シーソー


 カナカナカナカナとセミが鳴いている。木に止まっていたそれは僕らがやってくると大空へ逃げた。
 空は蒼く遠く広がっていて白い雲がセミを飲み込んでいった。
 小さな公園にシーソーがぽつんと一つ。水色のペンキが剥げかかり、風が吹くたびに錆びた金属の摩耗する音が響いた。
 僕は彼とそのシーソーに乗りこむ。
 彼は僕より重いから、やや中心寄りに座る。
 足を地面につけて、勢いよく踏ん張ると、僕の身体が浮かび上がる。
 ふわりとした感覚を楽しむ間もなく、どすんと僕は地面に打ち付けられる。
 負けじと僕は地面を蹴り上げる。このまま投石機の石のように空へ空へと飛んでいきそうな気がした。

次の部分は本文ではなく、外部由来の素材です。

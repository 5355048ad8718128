//! The lines of packets, one after the other, and those after them.

ghost use Rattle.std.specs.Prelude.{◌≡◌, ◌+◌, ◌*◌, ◌≤◌, ◌++◌, [], drop, length, replicate, take};
ghost use Rattle.std.specs.Prelude.{false, true};
ghost use Rattle.acl_report.specs.declared.line.TheConstants.{LINE_ROOM};
ghost use Rattle.acl_report.specs.declared.packet.TheConstants.{MAX_VERDICTS};
ghost use Rattle.acl_report.specs.Packet.{packet_text};
ghost use Rattle.acl_report.specs.Verdicts.{answers};
ghost use Rattle.capture_report.specs.Classifier.{ByTables};
ghost use Rattle.capture_report.specs.Report.{counted_all, line_of_packet, line_of_table};
ghost use Rattle.capture_report.specs.Report.{lines_of_packets};
ghost use Rattle.capture_report.specs.CaptureOutcome.{last_text};
ghost use Rattle.capture_report.specs.Batch.{AreAnswered, AreInFront, AreMarked, AreNext};
ghost use Rattle.capture_report.specs.Batch.{dashes_on, verdicts_on};

use crate::form::FormByTables;
use crate::packet::Packet;
use acl_report::{
    Counts, LINE_ROOM, LineNumber, MAX_VERDICTS, numbered_line, packets_line, table_line,
    transitions_line,
};
use field_defs::Family;
use flat_table::Table;
use header_extract::Class;

/// What is answered for the packets of a family, one packet after the other.
#[derive(Clone, Copy)]
pub struct FamilyAnswers<'a> {
    /// The verdicts.
    pub verdicts: &'a [u32],
    /// Where the form asks for marks: beside each verdict whether a dash is shown for it.
    pub dashes: &'a [bool],
}

/// Writes the lines of packets to the front of `lines`, counts the packets, and says how many bytes
/// the lines have.
///
/// The first has the number after those that were counted. `ip4` and `ip6` have the answers for
/// the packets of each family, in order. `lines` has [`LINE_ROOM`] bytes for each packet. It takes
/// no memory.
pub fn write_lines(
    form: &FormByTables<'_>,
    packets: &[Packet],
    ip4: FamilyAnswers<'_>,
    ip6: FamilyAnswers<'_>,
    counts: &mut Counts,
    lines: &mut [u8],
) -> usize
    requires next { AreNext counts.old packets.now }
    requires answered { AreAnswered form.now packets.now ip4.verdicts.now ip6.verdicts.now }
    requires marked { form.now.marks ≡ true
        → AreMarked form.now packets.now ip4.dashes.now ip6.dashes.now }
    requires room { length packets.now * LINE_ROOM ≤ length lines.old }
    ensures within { result ≤ length lines.old }
    ensures lines { take result lines.new
        ≡ lines_of_packets form.now (counts.old.packets + 1) packets.now }
    ensures counts { counts.new ≡ counted_all packets.now counts.old }
    ensures len { length lines.new ≡ length lines.old }
{
    // What depends on the marks, and on a single category, is settled once, and not line by line.
    let one = form.categories().count() == 1;
    match (form.has_marks(), one) {
        (true, true) => write_each::<true, true>(form, packets, ip4, ip6, counts, lines),
        (true, false) => write_each::<true, false>(form, packets, ip4, ip6, counts, lines),
        (false, true) => write_each::<false, true>(form, packets, ip4, ip6, counts, lines),
        (false, false) => write_each::<false, false>(form, packets, ip4, ip6, counts, lines),
    }
}

/// The same, where it is known whether marks are asked for, and whether a single category is shown.
fn write_each<const MARKS: bool, const ONE: bool>(
    form: &FormByTables<'_>,
    packets: &[Packet],
    mut ip4: FamilyAnswers<'_>,
    mut ip6: FamilyAnswers<'_>,
    counts: &mut Counts,
    lines: &mut [u8],
) -> usize
    requires marks { form.now.marks ≡ MARKS }
    requires one { ONE ≡ true → form.now.categories ≡ 1 }
    requires next { AreNext counts.old packets.now }
    requires answered { AreAnswered form.now packets.now ip4.verdicts.now ip6.verdicts.now }
    requires marked { form.now.marks ≡ true
        → AreMarked form.now packets.now ip4.dashes.now ip6.dashes.now }
    requires room { length packets.now * LINE_ROOM ≤ length lines.old }
    ensures within { result ≤ length lines.old }
    ensures lines { take result lines.new
        ≡ lines_of_packets form.now (counts.old.packets + 1) packets.now }
    ensures counts { counts.new ≡ counted_all packets.now counts.old }
    ensures len { length lines.new ≡ length lines.old }
{
    let count = shown_categories::<ONE>(form);
    let mut line = LineNumber::new(counts.packets + 1);
    let mut at = 0;
    for packet in packets {
        // Each class has a call of its own, in which what depends on the class is settled.
        let class = packet.class();
        counts.add(class);
        at = match class {
            Class::Ip4 => put_own::<MARKS>(form, packet, class, &mut ip4, count, &line, lines, at),
            Class::Ip6 => put_own::<MARKS>(form, packet, class, &mut ip6, count, &line, lines, at),
            Class::Other | Class::Short => {
                write_line(form, packet, class, &[], &[], &line, lines, at)
            }
        };
        line.advance();
    }
    at
}

/// Writes the line of a packet of a family, whose answers stand in front of those that are left of
/// the family, and takes them off.
#[inline(always)]
fn put_own<const MARKS: bool>(
    form: &FormByTables<'_>,
    packet: &Packet,
    class: Class,
    left: &mut FamilyAnswers<'_>,
    count: usize,
    number: &LineNumber,
    lines: &mut [u8],
    at: usize,
) -> usize
    requires marks { form.now.marks ≡ MARKS }
    requires count { count ≡ form.now.categories }
    requires few { count ≤ MAX_VERDICTS }
    requires by_tables { form.now.classifier ≡ ByTables form.now.tables }
    requires class { class ≡ packet.now.class }
    requires front { AreInFront form.now packet.now left.old.verdicts.now left.old.dashes.now }
    requires room { at + LINE_ROOM ≤ length lines.old }
    ensures end { result ≤ at + LINE_ROOM }
    ensures lines { take result lines.new
        ≡ take at lines.old ++ line_of_packet form.now number.now packet.now }
    ensures len { length lines.new ≡ length lines.old }
    ensures verdicts { left.new.verdicts.now ≡ drop count left.old.verdicts.now }
    ensures dashes { form.now.marks ≡ true
        → left.new.dashes.now ≡ drop count left.old.dashes.now }
{
    let verdicts = take_front(&mut left.verdicts, count);
    let dashes = take_dashes::<MARKS>(&mut left.dashes, count);
    write_line(form, packet, class, verdicts, dashes, number, lines, at)
}

/// How many categories are shown of each packet, where it is known whether it is a single one.
#[inline(always)]
fn shown_categories<const ONE: bool>(form: &FormByTables<'_>) -> usize
    requires { ONE ≡ true → form.now.categories ≡ 1 }
    ensures count { result ≡ form.now.categories }
    ensures few { result ≤ MAX_VERDICTS }
    ensures by_tables { form.now.classifier ≡ ByTables form.now.tables }
{
    let count = form.categories().count();
    if ONE { 1 } else { count }
}

/// Takes what belongs to a packet off the front of what is left.
#[inline(always)]
fn take_front<'a, T>(left: &mut &'a [T], count: usize) -> &'a [T]
    requires { count ≤ length left.old.now }
    ensures front { result.now ≡ take count left.old.now }
    ensures rest { left.new.now ≡ drop count left.old.now }
{
    let (front, rest) = left.split_at(count);
    *left = rest;
    front
}

/// No dash is shown.
const NO_DASHES: [bool; MAX_VERDICTS] = [false; MAX_VERDICTS];

/// The dashes of a packet, which are taken off the front of those that are left, or none where
/// marks aren't asked for.
#[inline(always)]
fn take_dashes<'a, const MARKS: bool>(left: &mut &'a [bool], count: usize) -> &'a [bool]
    requires few { count ≤ MAX_VERDICTS }
    requires front { MARKS ≡ true → count ≤ length left.old.now }
    ensures front { MARKS ≡ true → result.now ≡ take count left.old.now }
    ensures rest { MARKS ≡ true → left.new.now ≡ drop count left.old.now }
    ensures none { MARKS ≡ false → result.now ≡ replicate count false }
{
    if MARKS {
        take_front(left, count)
    } else {
        &NO_DASHES[..count]
    }
}

/// Writes the line of a packet of the class and this number at the place `at`, and gives the place
/// after the line.
#[inline(always)]
fn write_line(
    form: &FormByTables<'_>,
    packet: &Packet,
    class: Class,
    verdicts: &[u32],
    dashes: &[bool],
    number: &LineNumber,
    lines: &mut [u8],
    at: usize,
) -> usize
    requires by_tables { form.now.classifier ≡ ByTables form.now.tables }
    requires class { class ≡ packet.now.class }
    requires verdicts { verdicts.now ≡ verdicts_on packet.now.class form.now packet.now.key }
    requires dashes { dashes.now ≡ dashes_on packet.now.class form.now packet.now.key }
    requires few { length verdicts.now ≤ MAX_VERDICTS }
    requires room { at + LINE_ROOM ≤ length lines.old }
    ensures end { result ≤ at + LINE_ROOM }
    ensures lines { take result lines.new
        ≡ take at lines.old ++ line_of_packet form.now number.now packet.now }
    ensures len { length lines.new ≡ length lines.old }
{
    at + write_front(number, class, verdicts, dashes, &mut lines[at..])
}

/// Writes the line of a packet, as [`numbered_line`] has it, to the front of `lines`.
#[inline(always)]
fn write_front(
    number: &LineNumber,
    class: Class,
    verdicts: &[u32],
    dashes: &[bool],
    lines: &mut [u8],
) -> usize
    requires categories { length verdicts.now ≤ MAX_VERDICTS }
    requires dashes { length dashes.now ≡ length verdicts.now }
    requires room { LINE_ROOM ≤ length lines.old }
    ensures within { result ≤ LINE_ROOM }
    ensures line { take result lines.new
        ≡ packet_text number.now class (answers verdicts.now dashes.now) }
    ensures len { length lines.new ≡ length lines.old }
{
    match lines.first_chunk_mut() {
        Some(line) => numbered_line(number, class, verdicts, dashes, line),
        None => unreachable!(),
    }
}

/// Writes the lines after those of a whole capture to the front of `lines`, which has room for
/// four, and says how many bytes they have.
///
/// They are the line of the counts and, where they are asked for, those of the tables and of the
/// transitions. It takes no memory.
pub fn write_last(
    form: &FormByTables<'_>,
    counts: &Counts,
    transitions: u64,
    lines: &mut [u8],
) -> usize
    requires room { 4 * LINE_ROOM ≤ length lines.old }
    ensures within { result ≤ length lines.old }
    ensures lines { take result lines.new ≡ last_text form.now counts.now transitions }
{
    let mut line = [0; LINE_ROOM];
    let len = packets_line(counts, &mut line);
    let end = put_at(lines, 0, &line[..len]);
    if !form.has_stats() {
        return end;
    }
    let end = write_table(Family::Ip4, form.table(Family::Ip4), lines, end);
    let end = write_table(Family::Ip6, form.table(Family::Ip6), lines, end);
    let len = transitions_line(transitions, &mut line);
    put_at(lines, end, &line[..len])
}

/// Writes the line of a table at the place `at`, and gives the place after it.
fn write_table(family: Family, table: &Table, lines: &mut [u8], at: usize) -> usize
    requires room { at + LINE_ROOM ≤ length lines.old }
    ensures end { result ≤ at + LINE_ROOM }
    ensures lines { take result lines.new ≡ take at lines.old ++ line_of_table family table.now }
    ensures len { length lines.new ≡ length lines.old }
{
    let mut line = [0; LINE_ROOM];
    let (rules, words) = (table.rules(), table.total_words());
    let len = table_line(family, rules, table.tries(), words, &mut line);
    put_at(lines, at, &line[..len])
}

/// Writes bytes at the place `at`, and gives the place after them.
#[inline]
pub fn put_at(into: &mut [u8], at: usize, bytes: &[u8]) -> usize
    requires room { at + length bytes.now ≤ length into.old }
    ensures end { result ≡ at + length bytes.now }
    ensures bytes { take result into.new ≡ take at into.old ++ bytes.now }
    ensures len { length into.new ≡ length into.old }
{
    let end = at + bytes.len();
    into[at..end].copy_from_slice(bytes);
    end
}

 ぎいこぎいこ。身体が持ち上がり、そして沈む。ただそれを繰り返す。
 ここにはシーソーしかない。僕らは日がな一日シーソーを漕いでいた。
 物干し竿を売るトラックがけたたましい大音量でセールスポイントを謳いながら通り過ぎてゆく。僕はぽつんと言葉を漏らした。
「他にも何か有れば良いのに」
「そうだね」
 次の日、公園に行くと、滑り台が設けられていた。
 ぴかぴかのペンキに塗られたそれは、古ぼけたシーソーよりもずっと魅力的だった。
 はしごを掴んで、上に登る。青い葉が茂った木の上に鳥の巣が見えた。
 ここはシーソーよりずっとずっと空に近い。僕は少しだけ身の震えを覚えた。
 彼がせっつくので、僕は勢いを付けて滑り出す。
 長い下降感覚。何処までも落ちてゆく。抗う術もなく僕は地面まで運ばれた。どさりと両足が砂を踏む。
 それはずっと新しい感動だった。
 僕らはシーソーに見向きもせずに、尻が痛くなるまで滑った。
 次の日はブランコが出来ていた。ぶらりぶらりと揺れる。彼が信じられないくらい大きく揺れると、僕も負けじと巨大な振り子を作った。
 もっと遠くもっと高く。目指すは一回転。振り落とされそうな遠心力に、僕の天地は逆転した。くらりと意識が遠のくと天地はいつの間にか元に戻っている。
 疲れたけれどとても楽しかった。この調子で遊具が増えればいいのに。
 次の日果たして遊具は増えていた。
 鉄棒が出来ると、僕らは両手を鉄臭くして、砂場が出来ると、トンネル工事をした。
 ジャングルジムは怖かったので、中に入って遊んだ。どこから入ったか忘れて、出られなくなるかと不安になった。
 毎日毎日、遊具は増え続けた。
 竹馬や一輪車にも、乗れるように頑張った。僕らがうんざりし始めても、遊具は変わることなく増え続けた。
 一ヶ月後、僕らはシーソーに乗っていた。
 滑り台から滑り降りると登り棒にぶつかり、ブランコは跳び箱に挟まれて揺らせない。
 周りを見渡すと遊具だらけ、普通の地面の方が少ないくらい。
 行き場を無くした僕らは自然とシーソーに座っていた。
 いつの間にか僕の体重は彼と同じくらいになり、二人とも端っこに座ってぎいこぎいこと上下した。
 カアカアと鴉が鳴く。ああそう言えば今日は西瓜を切るんだった。
 少し早めだけど僕は彼に別れを告げた。彼は名残惜しげに笑うと僕に手を振った。もう少し遊んでいくそうだ。
 翌日公園に行くと、入り口が大きなうんていで塞がれていた。
 僕はうんていが上れない。彼はここから出られたのだろうか。